The "zero-byte delimited text"-recommendation is based on some work I did on serial protocols. Now serial ports are a bit more tricky than tcp connections since the sender of a data stream in certain situations doesn't know if there is anybody listening. The listener then has to "sync" with the data stream in order to properly interpret the data.
For TCP streams the situation is a little bit better, since the sender always knows when a client startet listening. But the current design demands a lot of care from the client implementation: It has to properly count bytes to know when the JSON is finished. And from experience I can tell that this byte counting in certain programming languages can be a headache...
The alternate approach I suggested basically allows to collect incoming data (which might come in weird chunks since TCP might split up packets), check if there is a zero byte in it, then try to parse from the start to the zero-byte as JSON. If it parses: great, if not discard the package up to (and including) the zero byte. Then check/wait for the next zero byte...
The "verbose enums" suggestion is based on some JSON-API design I did. Instead of passing around numbers that have to be kept in sync between server and all different clients use verbose strings. Server and every client is then free to map these strings in any way they like. This has kept me sane in quite some situations, where I had to add a new enum value and it would make the most sense to put it bang in the middle of the enums. Instead of having a very weird order of enum values, that need to keep that way for backward compatibility with all clients.
As for my use case: I am experimenting with external haptic devices controlled by a raspberry pi and some python scripting. I am trying to use the remote control API as a means to sync up haptic events with the stuff shown in the (Oculus Quest) Headset. So far it seems to work reasonably well, but one thing that is annoying me is, that identifying the currently playing movie from the DLNA server is hard, since the URL is obfuscated by the dlna server. I can't easily identify the filename (and I'd prefer not to query the dlna server myself, since dlna seems to be quite a mess...). Having the proper name availabe would make it easy to figure out the matching haptics description.

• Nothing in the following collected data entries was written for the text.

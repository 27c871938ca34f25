//! Edits of a vector's bits that keep its length: each says what the list becomes.

ghost use Rattle.std.specs.Prelude.{◌≡◌, ◌≤◌, ◌<◌, ◌+◌, ◌-◌, length, slice_set, replicate};
ghost use Rattle.std.specs.List.{swap};
ghost use Rattle.bitvec.specs.Memory.{list_with_copy};
ghost use Rattle.bitvec.specs.Place.{region_max_bits};
ghost use Rattle.bitvec.specs.Span.{element, with_filled};
ghost use Rattle.bitvec_slice.specs.BitSlice.{slice_len, slice_bits};
ghost use Rattle.bitvec_vec.specs.Front.{front_of, words_for};
ghost use Rattle.bitvec_vec.specs.WithList.{with_list};

use crate::vec::BitVec;
use crate::vec::front::span_of_front;
use bitvec::mem::BitRegister;
use bitvec::order::BitOrder;
use bitvec::ptr::span::BitSpan;
use bitvec_slice::slice::{BitSlice, BitSliceMut};
use std::alloc::Allocator;
use std::ops::Range;

impl<R: BitRegister, O: BitOrder<R>, A: Allocator> BitVec<R, O, A> {
    ghost use Rattle.bitvec_vec.specs.BitVec.{vec_bits, bit_capacity};

    /// Writes bit `i`. Requires that there is one: [`len`](BitVec::len) is the test. Constant time.
    pub fn set(&mut self, i: usize, bit: bool)
        requires { i < length (vec_bits self.old) }
        ensures bits { vec_bits self.new ≡ slice_set (vec_bits self.old) i bit }
        ensures capacity { bit_capacity self.new ≡ bit_capacity self.old }
    {
        let span: BitSpan<R, O> = span_of_front(self.len);
        span.write(self.words.as_mut_slice(), i, bit);
    }

    /// Writes bit `i`, and returns the bit that was there. Requires that there is one:
    /// [`len`](BitVec::len) is the test. Constant time.
    pub fn replace(&mut self, i: usize, bit: bool) -> bool
        requires { i < length (vec_bits self.old) }
        ensures previous { result ≡ element (vec_bits self.old) i }
        ensures bits { vec_bits self.new ≡ slice_set (vec_bits self.old) i bit }
        ensures capacity { bit_capacity self.new ≡ bit_capacity self.old }
    {
        let previous = self.get_unchecked(i);
        self.set(i, bit);
        previous
    }

    /// Exchanges bits `i` and `j`. Requires that there are both. Constant time.
    pub fn swap(&mut self, i: usize, j: usize)
        requires first { i < length (vec_bits self.old) }
        requires second { j < length (vec_bits self.old) }
        ensures bits { vec_bits self.new ≡ swap (vec_bits self.old) i j }
        ensures capacity { bit_capacity self.new ≡ bit_capacity self.old }
    {
        let span: BitSpan<R, O> = span_of_front(self.len);
        span.swap(self.words.as_mut_slice(), i, j);
    }

    /// Makes each bit the same, word by word.
    pub fn fill(&mut self, bit: bool)
        ensures bits { vec_bits self.new ≡ replicate (length (vec_bits self.old)) bit }
        ensures capacity { bit_capacity self.new ≡ bit_capacity self.old }
    {
        let span: BitSpan<R, O> = span_of_front(self.len);
        span.fill(self.words.as_mut_slice(), bit);
    }

    /// Makes the bits from number `from` to before number `to` the same, word by word.
    ///
    /// Requires that `from` is at most `to`, and `to` at most the length. Not in the Rust crate.
    pub fn fill_range(&mut self, from: usize, to: usize, bit: bool)
        requires ordered { from ≤ to }
        requires inside { to ≤ length (vec_bits self.old) }
        ensures bits { vec_bits self.new ≡ with_filled (vec_bits self.old) from to bit }
        ensures capacity { bit_capacity self.new ≡ bit_capacity self.old }
    {
        let span: BitSpan<R, O> = span_of_front(self.len);
        span.range(from, to).fill(self.words.as_mut_slice(), bit);
    }

    /// Copies the bits of a range to a range of the same length, from number `dest` on: by words
    /// where the order's positions rise or fall, else by bits. What is copied is what was there
    /// before the call.
    ///
    /// Requires that the range rises, and that both ranges of bits end within the length.
    pub fn copy_within(&mut self, src: Range<usize>, dest: usize)
        requires ordered { src.start ≤ src.end }
        requires source_inside { src.end ≤ length (vec_bits self.old) }
        requires target_inside { dest + (src.end - src.start) ≤ length (vec_bits self.old) }
        ensures bits { let xs = vec_bits self.old in vec_bits self.new
            ≡ list_with_copy xs src.start xs dest (src.end - src.start) }
        ensures capacity { bit_capacity self.new ≡ bit_capacity self.old }
    {
        let span: BitSpan<R, O> = span_of_front(self.len);
        let count = src.end - src.start;
        span.copy_within(self.words.as_mut_slice(), src.start, dest, count);
    }

    /// Copies the bits of a slice, of any register and order, to the bits from number `from` on. By
    /// words where both orders rise, both fall, or are one order with both ranges at the same bit
    /// of a word, else by bits.
    ///
    /// Requires that `from` plus the slice's length is at most the length. As `copy_from_bitslice`
    /// of a part for writing in the Rust crate.
    pub fn copy_from_range<R2: BitRegister, O2: BitOrder<R2>>(
        &mut self,
        from: usize,
        source: BitSlice<'_, R2, O2>,
    )
        requires { from + length (slice_bits source) ≤ length (vec_bits self.old) }
        ensures bits { vec_bits self.new
            ≡ with_list (vec_bits self.old) from (slice_bits source.entry) }
        ensures capacity { bit_capacity self.new ≡ bit_capacity self.old }
    {
        put_slice::<R, O, R2, O2>(self.words.as_mut_slice(), self.len, from, source);
    }
}

// Copies the bits of a slice to the bits from number `from` on, of the first `len` of some words.
fn put_slice<R: BitRegister, O: BitOrder<R>, R2: BitRegister, O2: BitOrder<R2>>(
    words: &mut [R],
    len: usize,
    from: usize,
    source: BitSlice<'_, R2, O2>,
)
    requires short { len ≤ region_max_bits }
    requires room { words_for R.BITS len ≤ length words.old }
    requires inside { from + slice_len source ≤ len }
    ensures { let bits = front_of R.BITS O.at_of R.number len in bits words.new
        ≡ with_list (bits words.old) from (slice_bits source.entry) }
{
    let span: BitSpan<R, O> = span_of_front(len);
    let mut bits = BitSliceMut::new_unchecked(span, words);
    bits.copy_from_range(from, source);
}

Maybe this doesn't have to be sent in each and every package, but having a command to get extended information about the currently playing movie would be helpful.
FYI: I right now have a latency of about 100 to 200ms between what is shown in the oculus quest and the timestamps I get via TCP, with quite some jitter. There probably is not that much you can do about it, since there is some wifi involved inbetween. But it works reasonably well with some guesswork on the client side.